Overfitting in Machine Learning
A statistical model is said to be overfitted when the model does not make accurate predictions on
testing data. When a model gets trained with so much data, it starts learning from the noise and
inaccurate data entries in our data set. And when testing with test data results in High variance.
Then the model does not categorize the data correctly, because of too many details and noise. The
causes of overfitting are the non-parametric and non-linear methods because these types of
machine learning algorithms have more freedom in building the model based on the dataset and
therefore they can really build unrealistic models. A solution to avoid overfitting is using a linear
algorithm if we have linear data or using the parameters like the maximal depth if we are using
decision trees.
Cross-Validation
Cross validation is a technique used in machine learning to evaluate the performance of a model
on unseen data. It involves dividing the available data into multiple folds or subsets, using one of
these folds as a validation set, and training the model on the remaining folds. This process is
repeated multiple times, each time using a different fold as the validation set. Finally, the results
from each validation step are averaged to produce a more robust estimate of the model’s
performance. Cross validation is an important step in the machine learning process and helps to
ensure that the model selected for deployment is robust and generalizes well to new data.

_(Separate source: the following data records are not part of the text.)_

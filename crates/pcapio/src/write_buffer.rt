//! The writer's buffer: what is waiting to be written to the device. It is allocated once.
ghost use Rattle.std.specs.Prelude.{◌≡◌, ◌+◌, ◌≤◌, [], ◌++◌, length, take, vec_len, IfOk, OnOk, OnErr};
ghost use Rattle.pcapio.specs.Counted.{Tells, BeginsToTell, HasFailed, HasNotFailed};

use crate::counted::{Counted, Failed};
use crate::read_buffer::ROOM;
use std::alloc::{AllocError, Global};
use std::io::Write;

/// A piece of at least this many bytes that doesn't fit is written directly.
const DIRECT: usize = 16_384;

/// A row of fixed length. Its first `len` bytes are waiting.
#[derive(Debug, Drop)]
pub(crate) struct WriteBuffer {
    buffer: Vec<u8>,
    len: usize,
    ghost within: { len ≤ 65536 },
    ghost room: { vec_len buffer ≡ 65536 },
}

impl WriteBuffer {
    ghost use Rattle.pcapio.specs.WriteBuffer.{waiting, Adds, BeginsToAdd, SendsAll, BeginsToSend};

    pub(crate) fn new(alloc: Global) -> Result<WriteBuffer, AllocError>
        ensures { IfOk result (λ behind. waiting behind ≡ []) }
    {
        let mut buffer = Vec::with_capacity(alloc, ROOM)?;
        buffer.resize(ROOM, 0)?;
        Ok(WriteBuffer { buffer, len: 0 })
    }

    /// Buffers the first bytes.
    pub(crate) fn begin(&mut self, bytes: &[u8])
        requires empty { waiting self.old ≡ [] }
        requires at_most { length bytes.now ≤ 24 }
        ensures { waiting self.new ≡ bytes.now }
    {
        self.len = 0;
        self.append(bytes);
    }

    #[inline]
    fn append(&mut self, bytes: &[u8])
        requires { self.old.len + length bytes.now ≤ 65536 }
        ensures { waiting self.new ≡ waiting self.old ++ bytes.now }
    {
        let len = self.len;
        write_at(&mut self.buffer, len, bytes);
        self.len = len + bytes.len();
    }

    /// Writes everything that is waiting. After a failure, a prefix of it has been written to the device.
    pub(crate) fn write_out<W: Write>(&mut self, device: &mut Counted<W>) -> Result<(), Failed>
        ensures ok { OnOk result (SendsAll W.contents self.old device.old device.new) }
        ensures empty { OnOk result (waiting self.new ≡ []) }
        ensures len { OnOk result (self.new.len ≡ 0) }
        ensures begins { OnErr result (BeginsToSend W.contents self.old device.old device.new) }
        ensures no_failure { OnOk result (HasNotFailed device.old device.new) }
        ensures failed { OnErr result (HasFailed device.old device.new) }
    {
        let len = self.len;
        let all = self.buffer.as_slice();
        send(device, &all[..len])?;
        self.len = 0;
        Ok(())
    }

    /// Adds bytes to what is waiting. After a failure, a prefix of all of it has been written to the device.
    #[inline]
    pub(crate) fn add<W: Write>(
        &mut self,
        device: &mut Counted<W>,
        bytes: &[u8],
    ) -> Result<(), Failed>
        ensures ok { OnOk result (Adds W.contents self.old device.old self.new device.new bytes.now) }
        ensures begins { OnErr result (BeginsToAdd W.contents self.old device.old device.new bytes.now) }
        ensures no_failure { OnOk result (HasNotFailed device.old device.new) }
        ensures failed { OnErr result (HasFailed device.old device.new) }
    {
        if bytes.len() > ROOM - self.len {
            return self.add_past(device, bytes);
        }
        self.append(bytes);
        Ok(())
    }

    /// Adds bytes, if there is too little room: writes what is waiting, and then keeps them, or writes them too if they
    /// are many.
    fn add_past<W: Write>(&mut self, device: &mut Counted<W>, bytes: &[u8]) -> Result<(), Failed>
        ensures ok { OnOk result (Adds W.contents self.old device.old self.new device.new bytes.now) }
        ensures begins { OnErr result (BeginsToAdd W.contents self.old device.old device.new bytes.now) }
        ensures no_failure { OnOk result (HasNotFailed device.old device.new) }
        ensures failed { OnErr result (HasFailed device.old device.new) }
    {
        self.write_out(device)?;
        if bytes.len() >= DIRECT {
            send(device, bytes)?;
        } else {
            self.append(bytes);
        }
        Ok(())
    }
}

/// Copies bytes into the buffer from byte `at` on.
#[inline]
fn write_at(buffer: &mut Vec<u8>, at: usize, bytes: &[u8])
    requires { at + length bytes.now ≤ vec_len buffer.old }
    ensures len { vec_len buffer.new ≡ vec_len buffer.old }
    ensures front { take (at + length bytes.now) buffer.new.items ≡ take at buffer.old.items ++ bytes.now }
{
    buffer.as_mut_slice()[at..at + bytes.len()].copy_from_slice(bytes);
}

/// Writes all of the bytes. After a failure, a prefix of them has been written to the device.
fn send<W: Write>(device: &mut Counted<W>, bytes: &[u8]) -> Result<(), Failed>
    ensures ok { OnOk result (Tells W.contents device.old device.new bytes.now) }
    ensures begins { OnErr result (BeginsToTell W.contents device.old device.new bytes.now) }
    ensures no_failure { OnOk result (HasNotFailed device.old device.new) }
    ensures failed { OnErr result (HasFailed device.old device.new) }
{
    let mut at = 0;
    while at < bytes.len() {
        at += device.write(&bytes[at..])?;
    }
    Ok(())
}
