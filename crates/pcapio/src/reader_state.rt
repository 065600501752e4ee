//! How far a reader has got.
use crate::record::Head;
use pcapio_laws::CapFault;

/// How far a reader has got.
#[derive(Clone, Copy, Debug)]
pub(crate) enum ReaderState {
    /// Before a record.
    Between,
    /// The head of the next record was returned.
    Pending(Head),
    /// At the end of the file, which may have ended inside a record.
    Ended(bool),
    /// At a fault.
    Faulted(CapFault),
}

The main purpose of cross validation is to prevent overfitting, which occurs when a model is
trained too well on the training data and performs poorly on new, unseen data. By evaluating the
model on multiple validation sets, cross validation provides a more realistic estimate of the
model’s generalization performance, i.e., its ability to perform well on new, unseen data.
Types of Cross-Validation
There are several types of cross validation techniques, including k-fold cross validation, leave-
one-out cross validation, and Holdout validation, Stratified Cross-Validation. The choice of
technique depends on the size and nature of the data, as well as the specific requirements of the
modeling problem.
1. Holdout Validation
In Holdout Validation, we perform training on the 50% of the given dataset and rest 50% is used
for the testing purpose. It’s a simple and quick way to evaluate a model. The major drawback of
this method is that we perform training on the 50% of the dataset, it may possible that the
remaining 50% of the data contains some important information which we are leaving while
training our model i.e. higher bias.
3. Stratified Cross-Validation
It is a technique used in machine learning to ensure that each fold of the cross-validation process
maintains the same class distribution as the entire dataset. This is particularly important when
dealing with imbalanced datasets, where certain classes may be underrepresented. In this
method,
1. The dataset is divided into k folds while maintaining the proportion of classes in each fold.
2. During each iteration, one-fold is used for testing, and the remaining folds are used for
training.
3. The process is repeated k times, with each fold serving as the test set exactly once.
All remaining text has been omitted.